KUALA LUMPUR: The Statistics Department proclaims on its website that it is a “Producer of National Statistics”.
It’s a job that carries a heavy workload and costs millions of ringgit, said World Bank economist on poverty and equity, Dr Kenneth Simler.
“They have to go to 80,000 households and ask hundreds of questions. (But) most of the time, its report comes out after the survey and that’s almost all that gets done, ” he said.
Dr Simler said a lack of an open data policy is limiting the use of data collected by the department.
In other countries where there is such a policy, he said the data would be available to university researchers, graduate students, think tanks and government agencies.
“They want to do their analysis, publish their paper and expand knowledge. Their research can be valuable for informing policy decisions and shaping policy, ” he said.
“In this way the government gets a much greater return on the money that was invested in collecting the data, ” he added.
A limited access to data would mean that researchers would not be able to get precise information.
“When the Statistics Department does provide data to other agencies, they usually limit it to 30% of the data. If 30% is good enough, why spend three times the amount of money to collect the 100%?
“Clearly, the other 70% of the data has information value and besides, the money to collect that data has already been spent.
“Sometimes, it is claimed that the 30% limitation is imposed to protect confidentiality.
“We understand that the survey data is personal information and is protected under the Statistics Act. But the department has systems for anonymising data.
“If it’s sufficiently confidential for 30%, then it’s the same for the other 70%, ” he said.
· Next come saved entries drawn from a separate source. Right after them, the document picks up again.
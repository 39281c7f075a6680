//! Why bytes are no ack, read status or response.

use proto_fields::{FieldsFault, FrameFault, WireFault};
use std::alloc::AllocError;
use thiserror::Error;

/// Why bytes are no ack or read status, in the order in which it is tried: the faults of the
/// message's length, `TooLong`, `Short` for the message, `Wire`, `Missing`, `Replies`.
#[derive(Clone, Copy, Debug, PartialEq, Eq, Error)]
pub enum AckFault {
    /// The bytes end before the message does.
    #[error("the bytes end inside an ack")]
    Short,
    /// The message has over 65,536 bytes.
    #[error("a message of {length} bytes")]
    TooLong { length: u64 },
    /// A field, or a varint of a packed list, is not whole and lawful: the first of the message
    /// itself, then of its replies, then of its flags. A place in a list counts from the list's
    /// first byte. A length of more than ten bytes is `LongVarint` at 0.
    #[error("{0}")]
    Wire(WireFault),
    /// A required field isn't there.
    #[error("field {field} is missing")]
    Missing { field: u32 },
    /// There are over 16 replies.
    #[error("{count} replies")]
    Replies { count: u64 },
}

impl From<FrameFault> for AckFault {
    ghost use Rattle.std.specs.Prelude.{◌≡◌};
    ghost use Rattle.ack_codec.specs.Acks.{ack_frame_cause};

    ghost from_gives = { λ fault e. e ≡ ack_frame_cause fault };

    fn from(fault: FrameFault) -> AckFault {
        match fault {
            FrameFault::Short => AckFault::Short,
            FrameFault::TooLong { length } => AckFault::TooLong { length },
            FrameFault::LongPrefix => AckFault::Wire(WireFault::LongVarint { at: 0 }),
        }
    }
}

impl From<WireFault> for AckFault {
    ghost use Rattle.std.specs.Prelude.{◌≡◌};
    ghost use Rattle.ack_codec.specs.declared.faults.AckFault.TheVariants.{Wire};

    ghost from_gives = { λ fault e. e ≡ Wire fault };

    fn from(fault: WireFault) -> AckFault {
        AckFault::Wire(fault)
    }
}

/// Why bytes are no response, in the order in which it is tried: the faults of the message's
/// length, `TooLong`, `Short` for the message, `Wire`, `Missing`. `Memory` may come at any place.
#[derive(Clone, Copy, Debug, PartialEq, Eq, Error)]
pub enum ResponseFault {
    /// The bytes end before the message does.
    #[error("the bytes end inside a response")]
    Short,
    /// The message has over 65,536 bytes.
    #[error("a message of {length} bytes")]
    TooLong { length: u64 },
    /// A field is not whole and lawful: the first of the message itself, then of checksumResponse,
    /// then of readOpChecksumInfo, then of the checksum in it. The place counts from the first
    /// byte of that message, all its parts joined. A length of more than ten bytes is
    /// `LongVarint` at 0.
    #[error("{0}")]
    Wire(WireFault),
    /// A required field isn't there, by its number in its own message.
    #[error("field {field} is missing")]
    Missing { field: u32 },
    /// Memory ran out.
    #[error("out of memory")]
    Memory,
}

impl From<FrameFault> for ResponseFault {
    ghost use Rattle.std.specs.Prelude.{◌≡◌};
    ghost use Rattle.ack_codec.specs.Responses.{response_frame_cause};

    ghost from_gives = { λ fault e. e ≡ response_frame_cause fault };

    fn from(fault: FrameFault) -> ResponseFault {
        match fault {
            FrameFault::Short => ResponseFault::Short,
            FrameFault::TooLong { length } => ResponseFault::TooLong { length },
            FrameFault::LongPrefix => ResponseFault::Wire(WireFault::LongVarint { at: 0 }),
        }
    }
}

impl From<WireFault> for ResponseFault {
    ghost use Rattle.std.specs.Prelude.{◌≡◌};
    ghost use Rattle.ack_codec.specs.declared.faults.ResponseFault.TheVariants.{Wire};

    ghost from_gives = { λ fault e. e ≡ Wire fault };

    fn from(fault: WireFault) -> ResponseFault {
        ResponseFault::Wire(fault)
    }
}

impl From<FieldsFault> for ResponseFault {
    ghost use Rattle.std.specs.Prelude.{◌≡◌};
    ghost use Rattle.proto_fields.specs.Framed.{fields_cause};
    ghost use Rattle.ack_codec.specs.declared.faults.ResponseFault.TheVariants as response;

    ghost from_gives = { λ fault e. e ≡ fields_cause response.Memory response.Wire fault };

    fn from(fault: FieldsFault) -> ResponseFault {
        match fault {
            FieldsFault::Wire(fault) => ResponseFault::Wire(fault),
            FieldsFault::Memory => ResponseFault::Memory,
        }
    }
}

impl From<AllocError> for ResponseFault {
    ghost use Rattle.std.specs.Prelude.{◌≡◌};
    ghost use Rattle.ack_codec.specs.declared.faults.ResponseFault.TheVariants.{Memory};

    ghost from_gives = { λ _ e. e ≡ Memory };

    fn from(_error: AllocError) -> ResponseFault {
        ResponseFault::Memory
    }
}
To the argument that the department should charge people for the use of their data, Dr Simler said this practice varied among countries.
“Some countries build this into their ‘business model’ so that there is a certain government budget to collect and analyse data, ” he said, adding that they could supplement this by selling the data.
“But in other countries, the data is treated as a public good and something that tax dollars pay for and should be available for research purposes, ” he said.
Dr Simler said in 2016, the Economic Planning Unit had asked the World Bank to conduct a review of the country’s statistical system.
“One of the main findings is that Malaysia’s statistical system is very decentralised, very compartmentalised and there is no overall coordination, ” he said.
He said while the Statistics Department was the “biggest player” in terms of collecting data, other agencies such as Bank Negara and ministries collect data as well.
In a statement to mark National Statistics Day yesterday, Unicef representative in Malaysia Marianne Clark-Hattingh said it was critical for Malaysia to take further steps to address persistent gaps to ensure timely provision of accurate data on the well-being of children.
“When the right data is in the right hands at the right time, decisions can be better informed, more equitable, and more likely to protect children’s rights, ” she said.